Blood tests for signs of infection and other prostate problems.
Post-prostatic massage to test the secretions.
Imaging tests may include ultrasound of prostate or CT scan
Based on the symptoms and test results, there may be following types of prostatitis:
Acute Bacterial Prostatitis. Often caused by common strains of bacteria, this type of prostatitis generally starts suddenly and causes flu-like signs and symptoms, such as fever, chills, nausea and vomiting.
Chronic Bacterial Prostatitis. When antibiotics don't eliminate the bacteria causing prostatitis, can develop recurring or difficult-to-treat infections. Between bouts of chronic bacterial prostatitis, there might be no symptoms or only minor ones.
Chronic Prostatitis/Chronic Pelvic Pain Syndrome. This type of prostatitis — the most common —isn’t caused by bacteria. Often an exact cause can't be identified. For some men, symptoms stay about the same over time. For others, the symptoms go through cycles of being more and less severe.
Asymptomatic Inflammatory Prostatitis. This type of prostatitis doesn't cause symptoms and is usually found only by chance when undergoing tests for other conditions. It doesn't require treatment.

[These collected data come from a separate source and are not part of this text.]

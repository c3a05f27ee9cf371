//! The integers of the machine: arithmetic, comparisons and changes of width, and the texts of numbers. No call takes
//! memory.
#![tactic(auto)]

mod arithmetic;
mod cast;
mod comparison;
mod read;
mod sign;
mod write;

pub use arithmetic::{NumTrap, binary};
pub use cast::{narrow, widen};
pub use comparison::compare;
pub use read::{read_decimal, read_hex, read_signed};
pub use write::{decimal_into, hex_into, natural_into};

Prostatitis treatments depend on the underlying cause. They can include:
Antibiotics. This is the most commonly prescribed treatment for prostatitis and is given empirically or based on culture and sensitivity results.

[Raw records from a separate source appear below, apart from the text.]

impl<'a> Parser<'a> {
    #[tactic(auto, unfolding(hip_grammar::specs::Bodies::align))]
    fn align(&mut self) -> Result<u64, Option<TextFault>>
        ensures { Gives (λ x. x) result (align.read (left self.old)) (left self.new) }
    {
        self.mark(b',')?;
        self.word(b"align")?;
        self.alignment()
    }

    pub(crate) fn maybe_align(&mut self) -> Result<Option<u64>, Option<TextFault>>
        ensures { Gives (λ x. x) result (maybe_align.read (left self.old)) (left self.new) }
    {
        if self.at_mark(b',') {
            let n = self.align()?;
            Ok(Some(n))
        } else {
            Ok(None)
        }
    }

    #[tactic(auto, unfolding(hip_grammar::specs::Bodies::flags))]
    fn flags(&mut self, op: BinaryOp) -> Result<Flags, Option<TextFault>>
        ensures { Gives (λ x. x) result ((flags op).read (left self.old)) (left self.new) }
    {
        let mut set = Flags {
            nuw: false,
            nsw: false,
            exact: false,
        };
        'more: while self.at_keyword(FlagsAfter(op)) {
            let item = self.keyword(FlagsAfter(op))?;
            set = with_flag(set, item);
        }
        Ok(set)
    }

    /// The operand after a comma.
    #[tactic(auto, unfolding(hip_grammar::specs::Production::one_more_by))]
    fn next_operand(&mut self, alloc: Global, scalar: Scalar) -> Result<Operand, ReadError>
        ensures { Takes (λ x. x) result ((one_more_by comma (operand scalar)).read (left self.old)) (left self.new) }
    {
        self.mark(b',')?;
        self.operand(alloc, scalar)
    }

    #[tactic(auto, unfolding(hip_grammar::specs::Bodies::binary))]
    fn binary(&mut self, alloc: Global, dest: Name) -> Result<Instr, ReadError>
        ensures { Takes (λ x. x) result ((binary dest).read (left self.old)) (left self.new) }
    {
        let op = self.keyword(BinaryOps)?;
        let flags = self.flags(op)?;
        let width = self.keyword(Widths)?;
        let a = self.operand(alloc, Scalar::Int(width))?;
        let b = self.next_operand(alloc, Scalar::Int(width))?;
        Ok(Instr::Binary {
            dest,
            op,
            flags,
            width,
            a,
            b,
        })
    }

    #[tactic(auto, unfolding(hip_grammar::specs::Bodies::compare))]
    fn compare(&mut self, alloc: Global, dest: Name) -> Result<Instr, ReadError>
        ensures { Takes (λ x. x) result ((compare dest).read (left self.old)) (left self.new) }
    {
        self.word(b"icmp")?;
        let pred = self.keyword(Preds)?;
        let ty = self.keyword(Scalars)?;
        let a = self.operand(alloc, ty)?;
        let b = self.next_operand(alloc, ty)?;
        Ok(Instr::Compare {
            dest,
            pred,
            ty,
            a,
            b,
        })
    }

    /// The operand after a comma and this type.
    #[tactic(auto, unfolding(hip_grammar::specs::Bodies::next_of_type))]
    fn next_of_type(&mut self, alloc: Global, ty: Scalar) -> Result<Operand, ReadError>
        ensures { Takes (λ x. x) result ((next_of_type ty).read (left self.old)) (left self.new) }
    {
        self.mark(b',')?;
        self.word(ty.keyword())?;
        self.operand(alloc, ty)
    }

    /// The two operands of a `select`, after their type.
    #[tactic(auto, unfolding(hip_grammar::specs::Bodies::alternatives))]
    fn alternatives(&mut self, alloc: Global) -> Result<(Scalar, Operand, Operand), ReadError>
        ensures { Takes (λ x. x) result (alternatives.read (left self.old)) (left self.new) }
    {
        self.mark(b',')?;
        let ty = self.keyword(Scalars)?;
        let a = self.operand(alloc, ty)?;
        let b = self.next_of_type(alloc, ty)?;
        Ok((ty, a, b))
    }

    #[tactic(auto, unfolding(hip_grammar::specs::Bodies::select))]
    fn select(&mut self, alloc: Global, dest: Name) -> Result<Instr, ReadError>
        ensures { Takes (λ x. x) result ((select dest).read (left self.old)) (left self.new) }
    {
        self.word(b"select")?;
        self.word(b"i1")?;
        let cond = self.operand(alloc, Scalar::Int(Width::W1))?;
        let (ty, a, b) = self.alternatives(alloc)?;
        Ok(Instr::Select {
            dest,
            cond: Link::new(alloc, cond)?,
            ty,
            a,
            b,
        })
    }

    /// The type after `to`.
    #[tactic(auto, unfolding(hip_grammar::specs::Bodies::to_int))]
    fn to_int(&mut self) -> Result<Width, Option<TextFault>>
        ensures { Gives (λ x. x) result (to_int.read (left self.old)) (left self.new) }
    {
        self.word(b"to")?;
        self.keyword(Widths)
    }

    #[tactic(auto, unfolding(hip_grammar::specs::Bodies::int_cast))]
    fn int_cast(&mut self, alloc: Global, dest: Name) -> Result<Instr, ReadError>
        ensures { Takes (λ x. x) result ((int_cast dest).read (left self.old)) (left self.new) }
    {
        let op = self.keyword(IntCasts)?;
        let width = self.keyword(Widths)?;
        let from = Scalar::Int(width);
        let a = self.operand(alloc, from)?;
        let width = self.to_int()?;
        let to = Scalar::Int(width);
        Ok(Instr::Cast {
            dest,
            op,
            from,
            a,
            to,
        })
    }

    #[tactic(auto, unfolding(hip_grammar::specs::Bodies::ptrtoint))]
    fn ptrtoint(&mut self, alloc: Global, dest: Name) -> Result<Instr, ReadError>
        ensures { Takes (λ x. x) result ((ptrtoint dest).read (left self.old)) (left self.new) }
    {
        self.word(b"ptrtoint")?;
        self.word(b"ptr")?;
        let a = self.operand(alloc, Scalar::Ptr)?;
        let width = self.to_int()?;
        Ok(Instr::Cast {
            dest,
            op: CastOp::Ptrtoint,
            from: Scalar::Ptr,
            a,
            to: Scalar::Int(width),
        })
    }

    #[tactic(auto, unfolding(hip_grammar::specs::Bodies::inttoptr))]
    fn inttoptr(&mut self, alloc: Global, dest: Name) -> Result<Instr, ReadError>
        ensures { Takes (λ x. x) result ((inttoptr dest).read (left self.old)) (left self.new) }
    {
        self.word(b"inttoptr")?;
        let width = self.keyword(Widths)?;
        let a = self.operand(alloc, Scalar::Int(width))?;
        self.word(b"to")?;
        self.word(b"ptr")?;
        Ok(Instr::Cast {
            dest,
            op: CastOp::Inttoptr,
            from: Scalar::Int(width),
            a,
            to: Scalar::Ptr,
        })
    }

    #[tactic(auto, unfolding(hip_grammar::specs::Bodies::alloca))]
    fn alloca(&mut self, alloc: Global, dest: Name) -> Result<Instr, ReadError>
        ensures { Takes (λ x. x) result ((alloca dest).read (left self.old)) (left self.new) }
    {
        self.word(b"alloca")?;
        let ty = self.ty(alloc, DEEPEST_NESTING)?;
        let align = self.maybe_align()?;
        Ok(Instr::Alloca { dest, ty, align })
    }

    /// The address after a comma.
    #[tactic(auto, unfolding(hip_grammar::specs::Bodies::next_address))]
    fn next_address(&mut self, alloc: Global) -> Result<Operand, ReadError>
        ensures { Takes (λ x. x) result (next_address.read (left self.old)) (left self.new) }
    {
        self.mark(b',')?;
        self.word(b"ptr")?;
        self.operand(alloc, Scalar::Ptr)
    }

    /// The address after a comma, and the alignment that is written.
    #[tactic(auto, unfolding(hip_grammar::specs::Bodies::aligned_address))]
    fn aligned_address(&mut self, alloc: Global) -> Result<(Operand, Option<u64>), ReadError>
        ensures { Takes (λ x. x) result (aligned_address.read (left self.old)) (left self.new) }
    {
        let addr = self.next_address(alloc)?;
        let align = self.maybe_align()?;
        Ok((addr, align))
    }

    #[tactic(auto, unfolding(hip_grammar::specs::Bodies::load))]
    fn load(&mut self, alloc: Global, dest: Name) -> Result<Instr, ReadError>
        ensures { Takes (λ x. x) result ((load dest).read (left self.old)) (left self.new) }
    {
        self.word(b"load")?;
        let ty = self.keyword(Scalars)?;
        let (addr, align) = self.aligned_address(alloc)?;
        Ok(Instr::Load {
            dest,
            ty,
            addr,
            align,
        })
    }

    #[tactic(auto, unfolding(hip_grammar::specs::Bodies::store))]
    fn store(&mut self, alloc: Global) -> Result<Instr, ReadError>
        ensures { Takes (λ x. x) result (store.read (left self.old)) (left self.new) }
    {
        self.word(b"store")?;
        let ty = self.keyword(Scalars)?;
        let value = self.operand(alloc, ty)?;
        let (addr, align) = self.aligned_address(alloc)?;
        Ok(Instr::Store {
            ty,
            value,
            addr,
            align,
        })
    }

    /// The indices after a comma.
    #[tactic(auto, unfolding(hip_grammar::specs::Production::one_more_by))]
    fn next_indices(&mut self, alloc: Global) -> Result<Row<Arg>, ReadError>
        ensures { Takes (λ x. x) result
            ((one_more_by comma (separated comma index)).read (left self.old))
            (left self.new) }
    {
        self.mark(b',')?;
        self.separated(alloc, Index)
    }

    #[tactic(auto, unfolding(hip_grammar::specs::Bodies::gep))]
    fn gep(&mut self, alloc: Global, dest: Name) -> Result<Instr, ReadError>
        ensures { Takes (λ x. x) result ((gep dest).read (left self.old)) (left self.new) }
    {
        self.word(b"getelementptr")?;
        let inbounds = self.maybe_word(b"inbounds")?;
        let ty = self.ty(alloc, DEEPEST_NESTING)?;
        let base = self.next_address(alloc)?;
        let indices = self.next_indices(alloc)?;
        Ok(Instr::Gep {
            dest,
            inbounds,
            ty,
            base,
            indices,
        })
    }

    #[tactic(auto, unfolding(hip_grammar::specs::Bodies::plain_call))]
    fn plain_call(&mut self, alloc: Global, dest: Option<Name>) -> Result<Instr, ReadError>
        ensures { Takes (λ x. x) result ((plain_call dest).read (left self.old)) (left self.new) }
    {
        self.word(b"call")?;
        let ret = self.keyword(Results)?;
        let callee = self.global_name()?;
        self.mark(b'(')?;
        let args = self.listed(alloc, b')', Argument)?;
        let callee = Row::from_slice(alloc, callee)?;
        Ok(Instr::Call {
            dest,
            ret,
            callee,
            args,
        })
    }

    #[tactic(auto, unfolding(hip_grammar::specs::Bodies::call))]
    fn call(&mut self, alloc: Global, dest: Option<Name>) -> Result<Instr, ReadError>
        ensures { Takes (λ x. x) result ((call dest).read (left self.old)) (left self.new) }
    {
        if self.at_word(b"tail") {
            self.word(b"tail")?;
            self.plain_call(alloc, dest)
        } else {
            self.plain_call(alloc, dest)
        }
    }

    /// An instruction on memory, or a call.
    #[tactic(auto, unfolding(hip_grammar::specs::Bodies::memory_instr))]
    fn memory_instr(&mut self, alloc: Global, dest: Name) -> Result<Instr, ReadError>
        ensures { Takes (λ x. x) result ((memory_instr dest).read (left self.old)) (left self.new) }
    {
        if self.at_word(b"alloca") {
            self.alloca(alloc, dest)
        } else if self.at_word(b"load") {
            self.load(alloc, dest)
        } else if self.at_word(b"getelementptr") {
            self.gep(alloc, dest)
        } else {
            self.call(alloc, Some(dest))
        }
    }

    #[tactic(auto, unfolding(hip_grammar::specs::Bodies::cast_instr))]
    fn cast_instr(&mut self, alloc: Global, dest: Name) -> Result<Instr, ReadError>
        ensures { Takes (λ x. x) result ((cast_instr dest).read (left self.old)) (left self.new) }
    {
        if self.at_keyword(IntCasts) {
            self.int_cast(alloc, dest)
        } else if self.at_word(b"ptrtoint") {
            self.ptrtoint(alloc, dest)
        } else if self.at_word(b"inttoptr") {
            self.inttoptr(alloc, dest)
        } else {
            self.memory_instr(alloc, dest)
        }
    }

    /// An instruction that assigns a register, after the register and `=`.
    #[tactic(auto, unfolding(hip_grammar::specs::Bodies::value_instr))]
    pub(crate) fn value_instr(&mut self, alloc: Global, dest: Name) -> Result<Instr, ReadError>
        ensures { Takes (λ x. x) result ((value_instr dest).read (left self.old)) (left self.new) }
    {
        if self.at_keyword(BinaryOps) {
            self.binary(alloc, dest)
        } else if self.at_word(b"icmp") {
            self.compare(alloc, dest)
        } else if self.at_word(b"select") {
            self.select(alloc, dest)
        } else {
            self.cast_instr(alloc, dest)
        }
    }

    /// An instruction that assigns no register.
    #[tactic(auto, unfolding(hip_grammar::specs::Bodies::effect_instr))]
    pub(crate) fn effect_instr(&mut self, alloc: Global) -> Result<Instr, ReadError>
        ensures { Takes (λ x. x) result (effect_instr.read (left self.old)) (left self.new) }
    {
        if self.at_word(b"store") {
            self.store(alloc)
        } else {
            self.call(alloc, None)
        }
    }

    #[tactic(auto, unfolding(crate::specs::Left::left))]
    pub(crate) fn at_effect(&self) -> bool
        ensures { result ≡ next begins_effect (left self.now) }
    {
        self.at_word(b"store") || self.at_word(b"tail") || self.at_word(b"call")
    }

    #[tactic(auto, unfolding(crate::specs::Left::left))]
    pub(crate) fn at_instr(&self) -> bool
        ensures { result ≡ next begins_instr (left self.now) }
    {
        self.at_local() || self.at_effect()
    }

    /// The register that an instruction assigns.
    #[tactic(auto, unfolding(hip_grammar::specs::Bodies::assigned))]
    pub(crate) fn assigned(&mut self, alloc: Global) -> Result<Name, ReadError>
        ensures { Takes (λ x. x) result (assigned.read (left self.old)) (left self.new) }
    {
        let name = self.local()?;
        self.mark(b'=')?;
        Ok(Row::from_slice(alloc, name)?)
    }

    #[tactic(auto, unfolding(hip_grammar::specs::Bodies::assigning_instr))]
    fn assigning_instr(&mut self, alloc: Global) -> Result<Instr, ReadError>
        ensures { Takes (λ x. x) result (assigning_instr.read (left self.old)) (left self.new) }
    {
        let dest = self.assigned(alloc)?;
        self.value_instr(alloc, dest)
    }

    #[tactic(auto, unfolding(hip_grammar::specs::Bodies::instr))]
    pub(crate) fn instr(&mut self, alloc: Global) -> Result<Instr, ReadError>
        ensures { Takes (λ x. x) result (instr.read (left self.old)) (left self.new) }
    {
        if self.at_local() {
            self.assigning_instr(alloc)
        } else {
            self.effect_instr(alloc)
        }
    }
}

In case of severe symptoms, there may be a need for intravenous (IV) antibiotics. Oral antibiotics are normally prescribed for four to six weeks but might need longer treatment for chronic or recurring prostatitis.
Alpha Blockers. These medications help relax the bladder neck and the muscle fibers where your prostate joins your bladder. This treatment might ease symptoms, such as painful urination.
Anti-inflammatory Agents. Nonsteroidal anti-inflammatory drugs (NSAIDs) might make you more comfortable.
Alternative therapies that show some promise for reducing symptoms of prostatitis include:
Biofeedback. A biofeedback specialist uses signals from monitoring equipment to teach you to control certain body functions and responses, including relaxing your muscles.
Acupuncture. This involves inserting very thin needles through your skin to various depths at certain points on your body.
Herbal remedies and supplements. There's no evidence that herbs and supplements improve prostatitis, although many men take them. Some herbal treatments for prostatitis include rye grass (cernilton), a chemical found in green tea, onions and other plants (quercetin) and extract of the saw palmetto plant.
The following might ease some symptoms of prostatitis:
Soak in a warm bath (sitz bath) or use a heating pad.
Limit or avoid alcohol, caffeine, and spicy or acidic foods, which can irritate the bladder.
Avoid activities such as prolonged sitting or bicycling that can irritate prostate.
Drink plenty of caffeine-free beverages. This will cause more urination and help flush bacteria from the bladder.